When Saratoga’s track meet ran a spectator-less season in 2020, Nancy Underwood’s work at the Backstretch Employee Service Team (BEST) of Saratoga barely slowed down. After all, with the horses still running, the legion of backstretch workers who tend to the Thoroughbreds needed care as well. This year, with Saratoga Race Course back in full swing? Underwood and team toiled day and night, seven days a week, to ensure that all workers not only got the healthcare they needed but also felt part of a tight-knit community.

“Wednesday nights we do Bingo with 300 backstretch workers, and we do Sunday night dinners,” says Underwood, BEST’s Saratoga program director. “It’s how we touch them on a personal level to make sure they know us and will come to us when they need something.”

Those needs run the gamut. The majority of the backstretch workers hail from Spanish-speaking areas, often countries where treating an ailment means simply popping into a pharmacy. Given the US’s confusing healthcare web, BEST operates a unique clinic that assists with everything from injuries to diabetes. If they have to travel for an appointment, the nonprofit secures transportation and a translator.

“One 18-year-old had never been to a doctor and came in with an untreated eye infection that had left him blind in one eye,” Underwood says. “He was a kid from the mountains of Guatemala and was terrified. They fit him with a prosthetic.”

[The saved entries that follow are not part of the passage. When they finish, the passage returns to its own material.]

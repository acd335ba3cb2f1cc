//! Reads a tower file: the levels of a tower, its registers, what each claims to be and what it is made of.
//!
//! The file is one EDN map, in a form of this project's own (docs/FORMATS.md). Its levels are listed from the
//! lowest up, registers are numbered in file order, and a register is made of registers of lower levels. A
//! register's value before any write is nil or an integer; of an atomic one it may be `:unknown`. A text says one
//! tower or has one fault, V1 to V8 or V10: that of the text as EDN, else the first in reading order. V9 says that
//! memory was refused.
//!
//! ```text
//! // {:levels [{:name "bits" :registers [{:name 0 :kind :regular :writers [1] :initial 0}]}
//! //           {:name "top" :registers [{:name :x :kind :atomic :writers :any :of [0]}]}]}
//! let tower = Tower::read(alloc, text)?;
//! let many = tower.len();                       // 2
//! let x = tower.find(b":x");                    // Some(RegId(1))
//! let level = tower.level_of(RegId(1));         // Some(1), and level_name(1) is "top", quotes and all
//! let parts = tower.parts_of(RegId(1));         // Some: RegId(0) alone
//! let claim = tower.claim(RegId(1));            // Some: atomic, any process writes it, nil at first
//! ```
//!
//! `Tower::read_located` says with a fault which bytes of the text are wrong:
//!
//! ```text
//! // {:levels [{:name top :registers [{:name x :kind :reguler :writers [0]}]}]}
//! let read = Tower::read_located(alloc, text);  // Err: V2 of the Kind, with the span of :reguler, (48, 56)
//! ```
//!
//! The first row of `FILES` in `tests/form_tests/towers.rattle` is this tower; the other rows of that module
//! have each fault, its place, and each field. Begin with `Tower::read_located`: its clauses name the file as it is
//! written (specs/Form.antt), what it says (specs/Reading.antt), what a text says (specs/Tower.antt) and where its
//! fault is (specs/Located.antt). `laws` has what follows: a text has either one tower or one fault, in one place;
//! unless a register is atomic its initial value is known; and what the text of `one_register` says, worked out token
//! by token.
#![tactic(auto)]

mod element;
mod example;
mod fault;
mod file;
pub mod laws;
mod level;
mod locate;
mod located;
mod place;
mod register;
mod registers;
mod said;
mod text;
mod tower;

pub use element::kind_of;
pub use example::one_register;
pub use fault::{TowerFault, TowerField};
pub use located::LocatedFault;
pub use tower::Tower;
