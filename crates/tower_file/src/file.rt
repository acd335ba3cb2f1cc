//! Reads the map that a tower file is.

ghost use Rattle.std.specs.Prelude.{◌≡◌, ◌≢◌, Option, IfErr};
ghost use Rattle.edn_reader.specs.Lent.{piece_of};
ghost use Rattle.tower_file.specs.Form.{FileForm, IsMapOf, AreFileFields};
ghost use Rattle.tower_file.specs.Reading.{contents_of};
ghost use Rattle.tower_file.specs.Keeping.{KeepsALevel};
ghost use Rattle.tower_file.specs.Views.{contents_with, GivesOrMemory};
ghost use Rattle.tower_file.specs.Located.{IsInFile, fault_alone, NoneForMemory};
ghost use Rattle.tower_file.specs.Stated.{IsSpanned};

use crate::fault::{TowerFault, TowerField};
use crate::level::{read_levels, vector_under};
use crate::located::{LocatedFault, located};
use crate::registers::Registers;
use edn_reader::Element;
use std::alloc::Global;

/// Reads the map that a file is: the names of its levels, and its registers.
pub fn read_file(
    alloc: Global,
    element: &Element,
) -> Result<(Vec<Vec<u8>>, Registers), LocatedFault>
    ensures says { (form : Option FileForm) → IsMapOf AreFileFields (piece_of element.now) form
        → GivesOrMemory (λ read. contents_with read.0 read.1) (fault_alone result) (contents_of form) }
    ensures span { IfErr result (λ located. located.fault ≢ TowerFault.Memory → (form : Option FileForm) → IsMapOf AreFileFields (piece_of element.now) form
        → IsSpanned (IsInFile located.fault (piece_of element.now)) located.span) }
    ensures nowhere { IfErr result (λ located. NoneForMemory located) }
    ensures memory { IfErr result (λ located. located.fault ≡ TowerFault.Memory → (form : Option FileForm) → IsMapOf AreFileFields (piece_of element.now) form → KeepsALevel form) }
{
    let Some(map) = element.as_map() else {
        return Err(located(TowerFault::Shape(TowerField::File), element));
    };
    let view = vector_under(element, &map, b":levels", TowerField::Levels)?;
    let mut levels = Vec::new(alloc);
    let mut registers = Registers::new(alloc);
    read_levels(alloc, view, &mut levels, &mut registers)?;
    Ok((levels, registers))
}
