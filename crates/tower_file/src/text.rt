//! Reads the text of a tower file to its end.

ghost use Rattle.std.specs.Prelude.{◌≡◌, List, IfOk, IfErr};
ghost use Rattle.edn_reader.specs.Grammar.{ElementModel};
ghost use Rattle.edn_reader.specs.Text.{IsText};
ghost use Rattle.edn_reader.specs.Fault.{IsMemory};
ghost use Rattle.edn_reader.specs.Given.{given, seen};
ghost use Rattle.tower_file.specs.Located.{text_span, NoneForMemory, fault_place};
ghost use Rattle.tower_file.specs.Stated.{IsTextFault};

use crate::fault::TowerFault;
use crate::located::LocatedFault;
use edn_reader::{EdnFault, Field, Reader};
use std::alloc::Global;

/// What the text is made of: nothing, one element, or more.
fn read_text(alloc: Global, bytes: &[u8]) -> Result<Field<'_>, TowerFault>
    ensures text { IfOk result (λ found. (pieces : List ElementModel) × IsText bytes.now pieces × (seen found ≡ given pieces)) }
    ensures fault { IfErr result (IsTextFault bytes.now) }
{
    let mut reader = Reader::new(alloc, bytes);
    let mut found = Field::Absent;
    loop {
        match reader.next() {
            Ok(Some(element)) => found = found.one_more(element),
            Ok(None) => return Ok(found),
            Err(fault) => return Err(fault_of(fault)),
        }
    }
}

/// What the text is made of: nothing, one element, or more; or its fault, with its place.
pub fn locate_text(alloc: Global, bytes: &[u8]) -> Result<Field<'_>, LocatedFault>
    ensures text { IfOk result (λ found. (pieces : List ElementModel) × IsText bytes.now pieces × (seen found ≡ given pieces)) }
    ensures fault { IfErr result (λ located. IsTextFault bytes.now located.fault) }
    ensures span { IfErr result (λ located. located.span ≡ text_span located.fault) }
    ensures nowhere { IfErr result (λ located. NoneForMemory located) }
{
    match read_text(alloc, bytes) {
        Ok(found) => Ok(found),
        Err(fault) => Err(LocatedFault {
            fault,
            span: span_of(fault),
        }),
    }
}

/// The span of a fault of the text: no bytes, at its place; none for any other fault.
fn span_of(fault: TowerFault) -> Option<(usize, usize)>
    ensures { result ≡ text_span fault }
{
    match fault {
        TowerFault::Edn(fault) => {
            let place = place_of(fault);
            Some((place, place))
        }
        _ => None,
    }
}

fn place_of(fault: EdnFault) -> usize
    ensures { result ≡ fault_place fault }
{
    match fault {
        EdnFault::Truncated(place) => place,
        EdnFault::StrayClose(place) => place,
        EdnFault::WrongClose(place) => place,
        EdnFault::TooDeep(place) => place,
        EdnFault::OddMap(place) => place,
        EdnFault::TagWithoutElement(place) => place,
        EdnFault::Memory(place) => place,
    }
}

/// A fault of the text as one of a tower file: V1, or V9 where memory was refused.
fn fault_of(fault: EdnFault) -> TowerFault
    ensures memory { IsMemory fault → result ≡ TowerFault.Memory }
    ensures text { (IsMemory fault → ⊥) → result ≡ TowerFault.Edn fault }
{
    match fault {
        EdnFault::Memory(_) => TowerFault::Memory,
        _ => TowerFault::Edn(fault),
    }
}
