//! Rotations, and the way back up.

ghost use Rattle.std.specs.Prelude.{◌≡◌, ◌+◌, ◌<◌, max, IsTrue};
ghost use Rattle.summary_tree.specs.Layers.{DifferByAtMost, IsBalancedHeight};
ghost use Rattle.summary_tree.specs.Node.{items_of, IsRightNode, IsBalancedNode, KeepsNode};

use crate::node::{Node, Tree, close};
use crate::{Keyed, Summarizes};
use std::mem;

/// Settles a node of which a side has changed, in place, and returns whether its height and its summary stay.
/// Where the side kept its own (`stays`) nothing is made again. That is the most frequent case, so it is inlined.
#[inline(always)]
pub fn settle<T: Keyed, S: Summarizes<T>>(top: &mut Box<Node<T, S>>, stays: bool) -> bool
    requires near { DifferByAtMost 2 top.old.value.left.height top.old.value.right.height }
    requires room { max top.old.value.left.height top.old.value.right.height < 255 }
    requires stays { IsTrue stays → IsRightNode S.one S.join top.old.value }
    ensures balanced { IsBalancedNode S.one S.join S.IsOf top.new.value }
    ensures items { items_of top.new.value ≡ items_of top.old.value }
    ensures height { IsBalancedHeight top.old.value.left.height top.old.value.right.height top.new.value.height }
    ensures stays { IsTrue result → KeepsNode top.old.value top.new.value }
{
    if stays {
        top.sides_are_balanced();
        return true;
    }
    settle_anew(top)
}

/// Settles a node of which a side has changed: makes its height and its summary again, with a rotation where one
/// is due. It is not inlined, so that the frequent case is a test alone.
#[inline(never)]
fn settle_anew<T: Keyed, S: Summarizes<T>>(top: &mut Box<Node<T, S>>) -> bool
    requires near { DifferByAtMost 2 top.old.value.left.height top.old.value.right.height }
    requires room { max top.old.value.left.height top.old.value.right.height < 255 }
    ensures balanced { IsBalancedNode S.one S.join S.IsOf top.new.value }
    ensures items { items_of top.new.value ≡ items_of top.old.value }
    ensures height { IsBalancedHeight top.old.value.left.height top.old.value.right.height top.new.value.height }
    ensures stays { IsTrue result → KeepsNode top.old.value top.new.value }
{
    let (left, right) = (top.left.height(), top.right.height());
    if left > right + 1 {
        lean_right(top);
        false
    } else if right > left + 1 {
        lean_left(top);
        false
    } else {
        top.renew()
    }
}

/// Rotates a node whose left side is higher by two.
#[inline(never)]
fn lean_right<T: Keyed, S: Summarizes<T>>(top: &mut Box<Node<T, S>>)
    requires higher { top.old.value.left.height ≡ top.old.value.right.height + 2 }
    requires room { top.old.value.left.height < 255 }
    ensures balanced { IsBalancedNode S.one S.join S.IsOf top.new.value }
    ensures items { items_of top.new.value ≡ items_of top.old.value }
    ensures height { IsBalancedHeight top.old.value.left.height top.old.value.right.height top.new.value.height }
{
    let Some(mut side) = top.left.take() else {
        unreachable!()
    };
    if side.right.height() <= side.left.height() {
        top.left = mem::replace(&mut side.right, Tree::new());
        let below = mem::replace(top, side);
        top.right = close(below);
        let _ = top.renew();
        return;
    }
    let Some(mut inner) = side.right.take() else {
        unreachable!()
    };
    side.right = mem::replace(&mut inner.left, Tree::new());
    top.left = mem::replace(&mut inner.right, Tree::new());
    inner.left = close(side);
    let below = mem::replace(top, inner);
    top.right = close(below);
    let _ = top.renew();
}

/// Rotates a node whose right side is higher by two.
#[inline(never)]
fn lean_left<T: Keyed, S: Summarizes<T>>(top: &mut Box<Node<T, S>>)
    requires higher { top.old.value.right.height ≡ top.old.value.left.height + 2 }
    requires room { top.old.value.right.height < 255 }
    ensures balanced { IsBalancedNode S.one S.join S.IsOf top.new.value }
    ensures items { items_of top.new.value ≡ items_of top.old.value }
    ensures height { IsBalancedHeight top.old.value.left.height top.old.value.right.height top.new.value.height }
{
    let Some(mut side) = top.right.take() else {
        unreachable!()
    };
    if side.left.height() <= side.right.height() {
        top.right = mem::replace(&mut side.left, Tree::new());
        let below = mem::replace(top, side);
        top.left = close(below);
        let _ = top.renew();
        return;
    }
    let Some(mut inner) = side.left.take() else {
        unreachable!()
    };
    side.left = mem::replace(&mut inner.right, Tree::new());
    top.right = mem::replace(&mut inner.left, Tree::new());
    inner.right = close(side);
    let below = mem::replace(top, inner);
    top.left = close(below);
    let _ = top.renew();
}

Horse training goes well until November, and BEST works full-time until the very last horse and worker leaves. “We offer the most comprehensive services across the country,” she says. “But when they leave us, how do we prepare them? We make sure that prescriptions are set up for refills, role play asking for things they need. We push at the end of the season so when people come back in April, it’s not a crisis situation.”